15. A Composition According to claim 7, wherein the blood microcirculation improvement composition can be selected from Horse Chestnut Extract (Aesculus hippocastanum extract)), Esculin, Escin, Yohimbine, Capsicum Oleoresin, Capsaicin, Niacin, Niacin Esters, Methyl Nicotinate, Benzyl Nicotinate, Ruscogenins (Butchers Broom extract; Ruscus aculeatus extract), Diosgenin (Trigonella foenumgraecum, Fenugreek), Emblica extract (Phyllanthus emblica extract), Asiaticoside (Centella asiatica extract), Boswellia Extract (Boswellia serrata), Ginger Root Extract (Zingiber Officianalis), Piperine, Vitamin K, Melilot (Melilotus officinalis extract), Glycyrrhetinic acid, Ursolic acid, Sericoside (Terminalia sericea extract), Darutoside (Siegesbeckia orientalis extract), Amni visnaga extract, extract of Red Vine (Vitis-Vinifera) leaves, apigenin, phytosan, luteolin, and combinations thereof. The quantities of such compositions can be safe and effective amounts as needed, and not limited to any specific limits.

16. A composition according to claim 7, wherein the antimicrobial composition can be selected from Berberine, Triclosan, Triclocarban, various Tritons (quaternary ammonium compounds), Benzyl Alcohol, Dehydroacetic Acid, Phenoxyethanol, and combinations thereof. The quantities of such compositions can be safe and effective amounts as needed, and not limited to any specific limits.

17. A composition according to claim 7, wherein the vitamin composition can be selected from Vitamin A, members of Vitamins B group, Vitamin C, Vitamin D, Vitamin E, Vitamin K, Carotenes, Biotin, Folic Acid, and combinations thereof. The quantities of such ingredients can be safe and effective amounts as needed, and not limited to any specific limits.

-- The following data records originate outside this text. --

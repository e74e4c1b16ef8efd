//! What is noted on the way to a context.

ghost use Rattle.std.specs.Prelude.{◌≡◌};

use crate::met::Met;

/// Notes of what is met on the way to a context.
pub trait Notes {
    ghost use Rattle.iom_ddt.specs.declared.met.Met.{Met};

    /// The notes after one more item.
    ghost next: { Self → Met → Self };

    /// Notes an item.
    fn note(&mut self, met: Met)
        ensures { self.new ≡ next self.old met };
}

/// Nothing is noted.
impl Notes for () {
    ghost next = { λ self met. self };

    #[inline(always)]
    fn note(&mut self, _met: Met) {}
}
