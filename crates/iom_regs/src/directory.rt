ghost use Rattle.std.specs.Prelude.{◌≡◌, ◌+◌, ◌*◌, ◌^◌, ◌≤◌, false, true};
ghost use Rattle.std.specs.Int.{bit_at};
ghost use Rattle.iom_bits.specs.Bits.{field_of};
ghost use Rattle.iom_regs.specs.Table.{ddtp_after, ddtp_of, is_ddtp_busy, is_mode};

use crate::layout::DDTP_BUSY;
use iom_bits::field;

// The highest iommu_mode that ddtp takes: a device directory of three levels.
const HIGHEST_MODE: u64 = 4;

/// Whether ddtp takes the mode, bits 3:0, of a written value ("Device-directory-table pointer (ddtp)").
pub fn is_mode(value: u64) -> bool
    ensures { result ≡ is_mode value }
{
    field(value, 0, 4) <= HIGHEST_MODE
}

/// The mode, bits 3:0, and the PPN, bits 53:10, of a value of ddtp: the value without its reserved bits and without busy.
#[tactic(auto, unfolding(iom_bits::specs::Bits::has_bit))]
pub fn pointer(value: u64) -> u64
    ensures value { result ≡ ddtp_of value }
    ensures mode { field_of result 0 4 ≡ field_of value 0 4 }
    ensures whole { ddtp_of result ≡ result }
    ensures busy { bit_at result 4 ≡ 0 }
    ensures idle { is_ddtp_busy result ≡ false }
{
    field(value, 0, 4) + (field(value, 10, 44) << 10)
}

/// ddtp after a write that isn't carried out yet, over a value that isn't busy: a mode above 4 isn't taken.
#[tactic(auto, unfolding(iom_bits::specs::Bits::has_bit))]
pub fn pointer_after(old: u64, value: u64) -> u64
    ensures value { result ≡ ddtp_after old value }
    ensures mode { field_of old 0 4 ≤ 4 → field_of result 0 4 ≤ 4 }
    ensures whole { is_ddtp_busy old ≡ false → ddtp_of old + 2 ^ 4 * bit_at old 4 ≡ old → ddtp_of result ≡ result }
    ensures clear { is_ddtp_busy old ≡ false → bit_at result 4 ≡ 0 }
{
    if is_mode(value) { pointer(value) } else { old }
}

/// ddtp made busy.
pub fn busy_pointer(pointer: u64) -> u64
    requires { ddtp_of pointer ≡ pointer }
    ensures value { result ≡ pointer + 2 ^ 4 }
    ensures mode { field_of result 0 4 ≡ field_of pointer 0 4 }
    ensures whole { ddtp_of result + 2 ^ 4 * bit_at result 4 ≡ result }
{
    pointer + (1 << DDTP_BUSY)
}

18. A composition according to claim 7, wherein the hormone composition can be selected from progesterone, androsterone, dehydroepiandrosterone (DHEA), Pregnenolone, androstenedione, melatonin, testosterone, and combinations thereof. The quantities of such compositions can be safe and effective amounts as needed, and not limited to any specific limits.

19. A composition according to claim 7, wherein the skin protectant drug composition can be selected from Allantoin, petrolatum, glycerin, dimethicone, urea, calamine, cocoa butter, kaolin, zinc acetate, zinc carbonate, and combinations thereof. The quantities of such compositions can be safe and effective amounts as needed, and not limited to any specific limits.

20. A composition according to claim 7, wherein the memory enhancement composition can be selected from various alkaloids including huperzine, vincamine, vinpocetin, and yohimbine.